→ **Description of the task**: A line belongs in the answer if it contains "written"; copy every such line from the entries below.

→ **Data for the task**:
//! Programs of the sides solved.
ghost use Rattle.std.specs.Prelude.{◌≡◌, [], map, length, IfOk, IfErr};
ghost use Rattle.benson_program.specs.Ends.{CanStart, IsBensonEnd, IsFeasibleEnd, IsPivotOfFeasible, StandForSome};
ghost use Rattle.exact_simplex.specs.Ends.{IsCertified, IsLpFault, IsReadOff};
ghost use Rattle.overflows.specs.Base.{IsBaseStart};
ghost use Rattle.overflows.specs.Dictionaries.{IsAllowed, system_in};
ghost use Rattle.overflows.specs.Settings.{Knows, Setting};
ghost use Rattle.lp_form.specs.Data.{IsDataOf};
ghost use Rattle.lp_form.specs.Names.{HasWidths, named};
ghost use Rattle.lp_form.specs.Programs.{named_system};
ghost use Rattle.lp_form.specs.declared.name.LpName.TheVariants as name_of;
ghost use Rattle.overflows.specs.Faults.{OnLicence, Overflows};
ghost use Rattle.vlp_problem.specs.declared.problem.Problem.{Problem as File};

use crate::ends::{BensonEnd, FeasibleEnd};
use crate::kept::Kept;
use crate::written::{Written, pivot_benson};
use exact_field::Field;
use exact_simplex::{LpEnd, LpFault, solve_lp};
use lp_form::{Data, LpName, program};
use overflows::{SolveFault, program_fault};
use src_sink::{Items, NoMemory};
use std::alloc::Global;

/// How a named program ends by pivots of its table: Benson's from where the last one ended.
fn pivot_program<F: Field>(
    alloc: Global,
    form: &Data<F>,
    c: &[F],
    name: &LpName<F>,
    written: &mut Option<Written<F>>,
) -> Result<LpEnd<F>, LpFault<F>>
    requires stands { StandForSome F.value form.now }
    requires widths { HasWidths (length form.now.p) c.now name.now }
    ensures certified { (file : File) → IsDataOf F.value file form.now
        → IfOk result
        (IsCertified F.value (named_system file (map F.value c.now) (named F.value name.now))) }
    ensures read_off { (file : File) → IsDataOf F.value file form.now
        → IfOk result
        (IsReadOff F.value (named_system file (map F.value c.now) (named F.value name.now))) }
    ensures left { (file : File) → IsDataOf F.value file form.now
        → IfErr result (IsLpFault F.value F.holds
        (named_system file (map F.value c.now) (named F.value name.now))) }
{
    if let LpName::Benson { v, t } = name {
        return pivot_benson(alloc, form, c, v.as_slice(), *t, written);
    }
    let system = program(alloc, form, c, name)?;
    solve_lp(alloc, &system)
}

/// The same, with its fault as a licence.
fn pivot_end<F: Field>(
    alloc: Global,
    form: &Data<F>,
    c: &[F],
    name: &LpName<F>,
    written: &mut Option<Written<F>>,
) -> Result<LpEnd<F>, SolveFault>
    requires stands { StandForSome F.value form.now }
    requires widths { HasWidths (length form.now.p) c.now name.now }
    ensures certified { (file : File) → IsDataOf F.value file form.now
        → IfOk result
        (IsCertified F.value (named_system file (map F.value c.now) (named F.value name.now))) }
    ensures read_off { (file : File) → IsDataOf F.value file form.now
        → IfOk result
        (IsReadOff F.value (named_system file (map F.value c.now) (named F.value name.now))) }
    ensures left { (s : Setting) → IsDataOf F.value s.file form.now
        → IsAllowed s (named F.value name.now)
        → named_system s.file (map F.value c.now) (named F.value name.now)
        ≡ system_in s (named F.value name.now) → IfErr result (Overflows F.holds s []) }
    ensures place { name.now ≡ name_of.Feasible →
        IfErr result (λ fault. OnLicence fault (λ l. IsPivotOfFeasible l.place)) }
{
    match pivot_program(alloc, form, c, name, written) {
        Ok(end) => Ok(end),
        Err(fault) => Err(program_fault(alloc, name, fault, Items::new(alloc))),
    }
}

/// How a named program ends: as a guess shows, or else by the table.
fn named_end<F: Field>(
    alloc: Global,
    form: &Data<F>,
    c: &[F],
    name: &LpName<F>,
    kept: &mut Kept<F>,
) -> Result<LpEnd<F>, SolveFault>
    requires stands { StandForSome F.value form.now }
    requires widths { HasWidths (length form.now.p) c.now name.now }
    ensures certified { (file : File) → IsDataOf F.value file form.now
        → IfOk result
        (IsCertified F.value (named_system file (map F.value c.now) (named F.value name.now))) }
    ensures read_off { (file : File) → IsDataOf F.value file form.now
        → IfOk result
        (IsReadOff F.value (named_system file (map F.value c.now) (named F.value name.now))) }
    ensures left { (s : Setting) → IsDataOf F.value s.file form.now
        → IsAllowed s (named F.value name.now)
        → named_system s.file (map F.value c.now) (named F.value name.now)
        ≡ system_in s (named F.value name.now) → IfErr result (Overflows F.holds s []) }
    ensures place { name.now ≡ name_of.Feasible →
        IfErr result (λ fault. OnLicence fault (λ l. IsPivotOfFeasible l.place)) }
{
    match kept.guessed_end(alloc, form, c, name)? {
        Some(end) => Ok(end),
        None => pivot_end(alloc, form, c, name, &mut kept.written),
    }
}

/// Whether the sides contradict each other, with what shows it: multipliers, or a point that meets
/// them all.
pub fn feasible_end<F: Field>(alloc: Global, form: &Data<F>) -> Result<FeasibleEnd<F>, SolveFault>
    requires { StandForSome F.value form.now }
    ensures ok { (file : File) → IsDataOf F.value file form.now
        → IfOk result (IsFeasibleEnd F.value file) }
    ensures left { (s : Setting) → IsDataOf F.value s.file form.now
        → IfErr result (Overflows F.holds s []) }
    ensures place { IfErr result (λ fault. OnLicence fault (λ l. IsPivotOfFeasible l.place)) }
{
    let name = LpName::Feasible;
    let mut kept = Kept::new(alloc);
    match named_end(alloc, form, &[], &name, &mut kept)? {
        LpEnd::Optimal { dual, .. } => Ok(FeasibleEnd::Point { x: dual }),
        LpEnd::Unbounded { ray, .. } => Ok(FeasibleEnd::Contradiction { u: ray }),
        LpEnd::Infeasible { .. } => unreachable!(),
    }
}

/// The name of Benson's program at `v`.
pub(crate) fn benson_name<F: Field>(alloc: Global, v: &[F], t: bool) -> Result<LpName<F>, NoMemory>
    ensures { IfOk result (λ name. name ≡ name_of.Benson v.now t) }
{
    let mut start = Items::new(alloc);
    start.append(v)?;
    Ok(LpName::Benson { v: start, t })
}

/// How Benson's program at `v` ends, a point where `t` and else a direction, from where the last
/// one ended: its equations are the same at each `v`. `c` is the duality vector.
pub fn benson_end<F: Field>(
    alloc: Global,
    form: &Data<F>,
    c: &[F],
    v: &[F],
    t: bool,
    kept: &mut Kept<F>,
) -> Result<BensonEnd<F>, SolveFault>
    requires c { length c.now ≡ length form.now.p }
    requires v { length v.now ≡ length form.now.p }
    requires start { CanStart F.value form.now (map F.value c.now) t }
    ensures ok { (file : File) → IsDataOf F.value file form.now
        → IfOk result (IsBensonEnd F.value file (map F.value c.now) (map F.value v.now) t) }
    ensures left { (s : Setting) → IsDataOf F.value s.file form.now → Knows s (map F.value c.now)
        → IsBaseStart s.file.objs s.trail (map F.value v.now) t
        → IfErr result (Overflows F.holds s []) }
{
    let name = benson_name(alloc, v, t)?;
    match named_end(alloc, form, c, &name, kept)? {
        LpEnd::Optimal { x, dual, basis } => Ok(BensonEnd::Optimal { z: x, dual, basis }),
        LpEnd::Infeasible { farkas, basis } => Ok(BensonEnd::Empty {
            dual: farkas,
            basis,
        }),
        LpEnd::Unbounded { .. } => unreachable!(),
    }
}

→ **Result**:
use crate::written::{Written, pivot_benson};
    written: &mut Option<Written<F>>,
        return pivot_benson(alloc, form, c, v.as_slice(), *t, written);
    written: &mut Option<Written<F>>,
    match pivot_program(alloc, form, c, name, written) {
        None => pivot_end(alloc, form, c, name, &mut kept.written),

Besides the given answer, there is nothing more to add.